In a small town in Hungary named Gyor, 50 young people from AIESEC in Austria attended a conference to plan for the upcoming year and cover numerous topics relevant for the executive bodies gathered there. This conference itself is special because it brings together young people from 6 different countries: Hungary, Slovakia, Czech Republic, Austria, Serbia and Brazil. But that is another story altogether.

AIESEC Conference in Serbia

AIESEC Central European Congress gathering young people from Hungary, Slovakia, Czech Republic and Austria.

The moment that matters happened towards the end of the conference.

I was holding a session — last session of the day about external exposure (since I am Head of PR and Marketing). I was very skeptical of how it would go because everyone was tired from the six-day conference, which was almost over.

There was a part of the session that I completely forgot about; this small task which turned out to be the spark of greatness. I remember I almost skipped it. You never know what is going to be the biggest moment of the day. Usually the moments you believe will be insignificant turn out to be big ones.

The task was to “Discuss in pairs the topics that we, as voice of youth in Austria, could write about; topics that AIESEC is really passionate about; topics that may seem ordinary, but matter.”

After a couple of minutes, it was a moment to share. I thought a couple of people would share and that’s it.

It started with a few remarks and turned into fiery exchange of ideas and opinions.

Forty young people in leadership positions voiced their opinion, passionate about making a change in their hometowns and their country — from educational gap between formal and informal education and skills and experience required to find a job today, to racism in the world and Austria and how to tackle the integration of immigrants for a more peaceful and tolerant world. The issue of aging population and how to empower youth to ensure a sustainable development. Women leadership today in the world and in AIESEC (which is abundant with women in leadership positions).

Internationality and positive aspects of it in today’s globalized world, where conflicts seem to appear like fireworks. Start-ups and the concept of entrepreneurship and innovation as solutions for challenges facing the world today. Tackling social challenges and addressing those that are relevant in a country.

And many more. At least 20 people were actively sharing and feeding of each other’s ideas.

AIESEC Public Speaking

I was standing on the stage, listening to one person after another saying their opinions, listing topics they are passionate about and they would like to write about. I remember I didn’t want the exchange of ideas to stop. I was so overwhelmed by the passion about the issues mentioned and flabbergasted by a wide variety of interests.
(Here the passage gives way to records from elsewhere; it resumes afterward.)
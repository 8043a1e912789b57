// The test whether an instruction is a row of the table.
ghost use Rattle.std.specs.Prelude.{◌≡◌, ◌<◌, ◌^◌, ◌↔◌, IsTrue};
ghost use Rattle.std.specs.Int.{w32};
ghost use Rattle.std.specs.Int.RustNames.{FitsSigned};
ghost use Rattle.isa386.specs.Row.{IsDisplacement, IsBased, IsAbsolute, IsIndex, IsMemory, IsOperand, IsAddress, IsTarget, IsRow};

use crate::{Callee, Dest, Dw, Ins, Opnd, StackOp, Target};

fn is_displacement(width: Dw, disp: i32) -> bool
    ensures { IsTrue result ↔ IsDisplacement width disp }
{
    match width {
        Dw::D0 => disp == 0,
        Dw::D8 => -128 <= disp && disp < 128,
        Dw::D32 => true,
    }
}

fn is_based(base: u8, width: Dw, disp: i32) -> bool
    ensures { IsTrue result ↔ IsBased base width disp }
{
    base < 8 && !(base == 5 && width == Dw::D0) && is_displacement(width, disp)
}

fn is_absolute(width: Dw, disp: i32) -> bool
    ensures { IsTrue result ↔ IsAbsolute width disp }
{
    let _disp = disp;
    width == Dw::D32
}

fn is_index(index: (u8, u8)) -> bool
    ensures { IsTrue result ↔ IsIndex index }
{
    let (register, scale) = index;
    register < 8 && scale < 4 && (register != 4 || scale == 0)
}

fn is_memory(base: Option<u8>, index: Option<(u8, u8)>, disp: i32, width: Dw) -> bool
    ensures { IsTrue result ↔ IsMemory base index disp width }
{
    match (base, index) {
        (None, None) => is_absolute(width, disp),
        (Some(base), None) => base != 4 && is_based(base, width, disp),
        (None, Some(index)) => is_index(index) && is_absolute(width, disp),
        (Some(base), Some(index)) => is_index(index) && is_based(base, width, disp),
    }
}

fn is_operand(operand: Opnd) -> bool
    ensures { IsTrue result ↔ IsOperand operand }
{
    match operand {
        Opnd::Reg(r) => r < 8,
        Opnd::Mem {
            base,
            index,
            disp,
            width,
        } => is_memory(base, index, disp, width),
    }
}

fn is_address(operand: Opnd) -> bool
    ensures { IsTrue result ↔ IsAddress operand }
{
    match operand {
        Opnd::Reg(_) => false,
        Opnd::Mem {
            base,
            index,
            disp,
            width,
        } => is_memory(base, index, disp, width),
    }
}

// Each number of four bytes can be an immediate.
fn is_immediate(_n: u32) -> bool
    ensures { IsTrue result ↔ (_n < 2 ^ 32) }
{
    true
}

// Each signed number of four bytes can be a distance.
fn is_distance(_d: i32) -> bool
    ensures { IsTrue result ↔ FitsSigned w32 _d }
{
    true
}

fn is_target(target: Target) -> bool
    ensures { IsTrue result ↔ IsTarget target }
{
    match target {
        Target::Near(d) => is_distance(d),
        Target::Short(_) => true,
    }
}

/// Whether the instruction is a row of the table: its registers and scales exist, and its displacement
/// has a width that its operand can have.
pub fn is_row(i: &Ins) -> bool
    ensures row { IsTrue result ↔ IsRow i.now }
{
    match *i {
        Ins::Move(_, r, rm)
        | Ins::MoveNarrow(_, r, rm)
        | Ins::ArithTo(_, r, rm)
        | Ins::ArithFrom(_, r, rm)
        | Ins::Test(r, rm)
        | Ins::Imul(r, rm)
        | Ins::Widen(_, r, rm) => r < 8 && is_operand(rm),
        Ins::Lea(r, m) => r < 8 && is_address(m),
        Ins::MoveImm(Dest::Register(r), n) => r < 8 && is_immediate(n),
        Ins::MoveImm(Dest::Operand(rm), n) | Ins::ArithImm(_, rm, n) => {
            is_operand(rm) && is_immediate(n)
        }
        Ins::Unary(_, rm)
        | Ins::Divide(_, rm)
        | Ins::Shift(_, rm)
        | Ins::Set(_, rm)
        | Ins::Call(Callee::Indirect(rm)) => is_operand(rm),
        Ins::Stack(StackOp::Push(r)) | Ins::Stack(StackOp::Pop(r)) => r < 8,
        Ins::Stack(StackOp::PushImm(n)) => is_immediate(n),
        Ins::Call(Callee::Relative(d)) => is_distance(d),
        Ins::Jump(target) | Ins::Branch(_, target) => is_target(target),
        Ins::Cltd | Ins::Plain(_) | Ins::Int3 | Ins::Str(_) | Ins::Lcall => true,
    }
}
Forty young minds awake and aware of things that don’t work and willing to do something about it. Have you ever witnessed something like that?

I haven’t before.

I remember that when my enthusiasm and disbelief settled, I was angry — at people saying that youth today is passive; that we don’t care about anything but ourselves. I remember standing in the room with 50 people who paid to come to a six-day conference when they could have gone to the seaside like their friends did. I remember them talking at 7pm in the evening about issues in the world and at home they were passionate about and wanted to solve. And I remember one thought above all others.

That there is greatness in young people. They are aware of the world they live in — technology has made us interconnected and informed. They are passionate and they have an opinion. They are ready to be heard and to contribute to changes if the world will let them.

So how can we empower them? How can we make sure they get a say in what kind of world is being built for them? What kind of world they will live in?

Maybe you’re thinking now that we’re young and that we’ve got a lot to learn yet. And this is true. We don’t know everything. But we have ideas and we are ready to learn. And we’re worth it.

So it should begin today, because 5 to 10 years from now, some of those forty people will have leadership or executive positions. They will have the opportunity to decide which course we take, for better or worse.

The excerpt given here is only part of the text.